How is text mining used in business?
Text mining is used in business to analyze large volumes of unstructured feedback and turn it into useful insights. It helps teams understand customers, employees, markets, products, and service issues faster than manual review.
Common business uses include:
- Customer feedback analysis:
Text mining can analyze survey responses, reviews, and support comments to identify recurring customer needs, complaints, and expectations. - Reputation and sentiment monitoring:
Businesses can track positive, negative, and neutral mentions across reviews, social media, and public feedback channels. - Support ticket routing:
Support teams can classify tickets by topic, language, urgency, or intent so the right team can respond faster. - Product improvement:
Product teams can identify feature requests, bug reports, usability issues, and repeated complaints from customer comments. - Market and competitive research:
Researchers can analyze public reviews, customer language, competitor mentions, and recurring market trends. - Employee feedback analysis:
HR and employee experience teams can analyze open-ended employee survey responses to understand engagement, culture, workload, and manager feedback.
For businesses in the USA, text mining is especially useful when feedback comes from many channels at once, such as surveys, app reviews, chat, email, call transcripts, and social media.
How can QuestionPro help with text mining?
QuestionPro can help with text mining by making it easier to analyze open-ended survey responses, customer feedback, and employee comments. This helps teams find themes, sentiment, and recurring patterns in the text people share.

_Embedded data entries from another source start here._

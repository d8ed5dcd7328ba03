//! Reading at the beginning of a body: a value and the bytes after it.

ghost use Rattle.std.specs.Prelude.{◌≡◌, ◌<◌, ◌==◌, if◌then◌else◌, length, position, Some, None};
ghost use Rattle.std.specs.Prelude.{MatchOption, IfSome, IsOkUnless};
ghost use Rattle.pg_codec.specs.declared.fault.BodyFault.TheVariants.{Bad};
ghost use Rattle.std.specs.Int.{w16, w32};
ghost use Rattle.pg_codec.specs.Private.Reader.{Gives, name_at, number_at, signed_at, nonzero_at};
ghost use Rattle.pg_codec.specs.Private.Reader.{string_at, counted_at, times_at, after_zero};
ghost use Rattle.pg_codec.specs.Private.Reader.{terminated_at, choice_at, status_of_byte};
ghost use Rattle.pg_codec.specs.Private.Reader.{binary_of_byte, copy_head_at};

use crate::fault::BodyFault;
use crate::field::ReadField;
use crate::value::{CopyHead, Status};
use pg_seq::Seq;
use std::alloc::Global;

/// Two bytes as a number, the highest first.
pub fn u16_at(bytes: &[u8]) -> Result<(u16, &[u8]), BodyFault>
    ensures read { Gives (λ x. (x.0, x.1.now)) result (number_at w16 bytes.now) }
    ensures no_memory { IsOkUnless result Bad }
{
    if bytes.len() < 2 {
        return Err(BodyFault::Bad);
    }
    let (number, rest) = bytes.split_at(2);
    Ok((u16::from_be_bytes([number[0], number[1]]), rest))
}

/// Four bytes as a number, the highest first.
pub fn u32_at(bytes: &[u8]) -> Result<(u32, &[u8]), BodyFault>
    ensures read { Gives (λ x. (x.0, x.1.now)) result (number_at w32 bytes.now) }
    ensures no_memory { IsOkUnless result Bad }
{
    if bytes.len() < 4 {
        return Err(BodyFault::Bad);
    }
    let (number, rest) = bytes.split_at(4);
    Ok((
        u32::from_be_bytes([number[0], number[1], number[2], number[3]]),
        rest,
    ))
}

/// An Int16.
pub fn i16_at(bytes: &[u8]) -> Result<(i16, &[u8]), BodyFault>
    ensures read { Gives (λ x. (x.0, x.1.now)) result (signed_at w16 bytes.now) }
    ensures no_memory { IsOkUnless result Bad }
{
    let (n, rest) = u16_at(bytes)?;
    Ok((n.cast_signed(), rest))
}

/// An Int32.
pub fn i32_at(bytes: &[u8]) -> Result<(i32, &[u8]), BodyFault>
    ensures read { Gives (λ x. (x.0, x.1.now)) result (signed_at w32 bytes.now) }
    ensures no_memory { IsOkUnless result Bad }
{
    let (n, rest) = u32_at(bytes)?;
    Ok((n.cast_signed(), rest))
}

/// A byte that isn't zero.
pub fn nonzero_at(bytes: &[u8]) -> Result<(u8, &[u8]), BodyFault>
    ensures read { Gives (λ x. (x.0, x.1.now)) result (nonzero_at bytes.now) }
    ensures no_memory { IsOkUnless result Bad }
{
    match bytes {
        [] | [0, ..] => Err(BodyFault::Bad),
        [b, rest @ ..] => Ok((*b, rest)),
    }
}

/// The place of the first zero byte.
pub fn zero_place(bytes: &[u8]) -> Option<usize>
    ensures place { result ≡ position (λ b. b == 0) bytes.now }
    ensures within { IfSome result (λ i. i < length bytes.now) }
{
    bytes.iter().position(|b| *b == 0)
}

/// A String: the bytes before the first zero byte.
pub fn text_at(alloc: Global, bytes: &[u8]) -> Result<(Seq<u8>, &[u8]), BodyFault>
    ensures { Gives (λ x. (x.0, x.1.now)) result (string_at bytes.now) }
{
    let Some(end) = zero_place(bytes) else {
        return Err(BodyFault::Bad);
    };
    let (text, _) = bytes.split_at(end);
    let (_, rest) = bytes.split_at(end + 1);
    Ok((copy_of(alloc, text)?, rest))
}

/// A String that isn't empty.
pub fn name_at(alloc: Global, bytes: &[u8]) -> Result<(Seq<u8>, &[u8]), BodyFault>
    ensures { Gives (λ x. (x.0, x.1.now)) result (name_at bytes.now) }
{
    let (name, rest) = text_at(alloc, bytes)?;
    if name.as_slice().is_empty() {
        return Err(BodyFault::Bad);
    }
    Ok((name, rest))
}

/// A value of these bytes.
pub fn copy_of(alloc: Global, bytes: &[u8]) -> Result<Seq<u8>, BodyFault>
    ensures { Gives (λ x. x) result (Some bytes.now) }
{
    Ok(Seq::from_slice(alloc, bytes)?)
}

// So many fields, one after the other.
fn times<T: ReadField>(
    alloc: Global,
    count: u16,
    bytes: &[u8],
) -> Result<(Seq<T>, &[u8]), BodyFault>
    ensures { Gives (λ x. (x.0, x.1.now)) result (times_at T.reading count bytes.now) }
{
    // a field has at least one byte, so a count that passes the bytes gets no more room than they need
    let mut items: Vec<T> = Vec::with_capacity(alloc, usize::from(count).min(bytes.len()))?;
    let mut rest = bytes;
    for _ in 0..count {
        let (item, after) = T::read(alloc, rest)?;
        items.push(item)?;
        rest = after;
    }
    Ok((Seq::new(items), rest))
}

/// A list after its count.
#[tactic(auto, unfolding(crate::specs::Private::Reader::counted_at))]
pub fn counted<T: ReadField>(alloc: Global, bytes: &[u8]) -> Result<(Seq<T>, &[u8]), BodyFault>
    ensures { Gives (λ x. (x.0, x.1.now)) result (counted_at T.reading bytes.now) }
{
    let (count, rest) = u16_at(bytes)?;
    times(alloc, count, rest)
}

/// What stands after a zero byte.
pub fn after_zero(bytes: &[u8]) -> Option<&[u8]>
    ensures { MatchOption result (after_zero bytes.now ≡ None) (λ rest. after_zero bytes.now
        ≡ Some rest.now) }
{
    match bytes {
        [0, rest @ ..] => Some(rest),
        _ => None,
    }
}

/// A list up to a zero byte.
#[tactic(auto, unfolding(crate::specs::Private::Reader::terminated_at))]
pub fn terminated<T: ReadField>(alloc: Global, bytes: &[u8]) -> Result<(Seq<T>, &[u8]), BodyFault>
    ensures { Gives (λ x. (x.0, x.1.now)) result (terminated_at T.reading bytes.now) }
{
    let mut items: Vec<T> = Vec::new(alloc);
    let mut rest = bytes;
    for _ in 0..bytes.len() {
        if let Some(after) = after_zero(rest) {
            return Ok((Seq::new(items), after));
        }
        let (item, after) = T::read(alloc, rest)?;
        items.push(item)?;
        rest = after;
    }
    Err(BodyFault::Bad)
}

/// A transaction status, by its byte.
pub fn status_at(bytes: &[u8]) -> Result<(Status, &[u8]), BodyFault>
    ensures read { Gives (λ x. (x.0, x.1.now)) result (choice_at status_of_byte bytes.now) }
    ensures no_memory { IsOkUnless result Bad }
{
    match bytes {
        [b'I', rest @ ..] => Ok((Status::Idle, rest)),
        [b'T', rest @ ..] => Ok((Status::InBlock, rest)),
        [b'E', rest @ ..] => Ok((Status::Failed, rest)),
        _ => Err(BodyFault::Bad),
    }
}

/// The overall format of a copy, by its byte.
pub fn binary_at(bytes: &[u8]) -> Result<(bool, &[u8]), BodyFault>
    ensures read { Gives (λ x. (x.0, x.1.now)) result (choice_at binary_of_byte bytes.now) }
    ensures no_memory { IsOkUnless result Bad }
{
    match bytes {
        [0, rest @ ..] => Ok((false, rest)),
        [1, rest @ ..] => Ok((true, rest)),
        _ => Err(BodyFault::Bad),
    }
}

/// What begins a copy: its overall format, and the formats after their count.
#[tactic(auto, unfolding(crate::specs::Private::Reader::copy_head_at))]
pub fn copy_head_at(alloc: Global, bytes: &[u8]) -> Result<(CopyHead, &[u8]), BodyFault>
    ensures { Gives (λ x. (x.0, x.1.now)) result (copy_head_at bytes.now) }
{
    let (binary, rest) = binary_at(bytes)?;
    let (formats, rest) = counted(alloc, rest)?;
    Ok((CopyHead { binary, formats }, rest))
}

/// The message, if nothing is left after it.
pub fn ended<M: Drop>(message: M, rest: &[u8]) -> Result<M, BodyFault>
    ensures read { Gives (λ m. m) result (if length rest.now == 0 then Some message else None) }
    ensures no_memory { IsOkUnless result Bad }
{
    if rest.is_empty() {
        Ok(message)
    } else {
        Err(BodyFault::Bad)
    }
}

For example, a CX team can use QuestionPro to collect customer feedback after a support interaction, then review open-ended responses to find common pain points. A market research team can analyze survey comments to understand product expectations, buying barriers, or brand perception.
QuestionPro also has related guidance on text analysis, which explains how businesses can process text data and identify useful patterns.
The goal is not only to collect written feedback. The goal is to understand what the text is telling you and decide what to improve next.
Final thoughts
Text mining helps businesses make sense of unstructured text at scale. It can turn survey responses, reviews, emails, chats, and support tickets into patterns teams can understand and use.
The strongest use cases are practical. Text mining can help you find recurring customer issues, measure sentiment, classify support requests, monitor reputation, and understand employee feedback.
Good text mining starts with a clear question. Decide what you need to learn, collect the right text data, apply the right method, and connect the results to a business decision.
Frequently Asked Questions
Text mining means finding useful information in written text. It helps businesses analyze survey responses, reviews, support tickets, emails, and social comments to identify themes, sentiment, patterns, and recurring issues.
A common text mining example is analyzing thousands of customer reviews to find repeated complaints. The system may identify themes like pricing, delivery delays, product quality, or support issues so teams know what to improve.
No. Text mining extracts patterns and information from text. Text analytics uses those extracted patterns to understand trends, sentiment, and business meaning. The two are closely related and often used together.
Text mining can use survey responses, online reviews, social media comments, support tickets, emails, chat transcripts, call transcripts, documents, and employee feedback. It works best when the text data is cleaned and organized before analysis.
Text mining helps customer experience teams find common pain points, track sentiment, classify feedback, and identify what customers mention most often. This makes it easier to improve support, product experience, and customer satisfaction.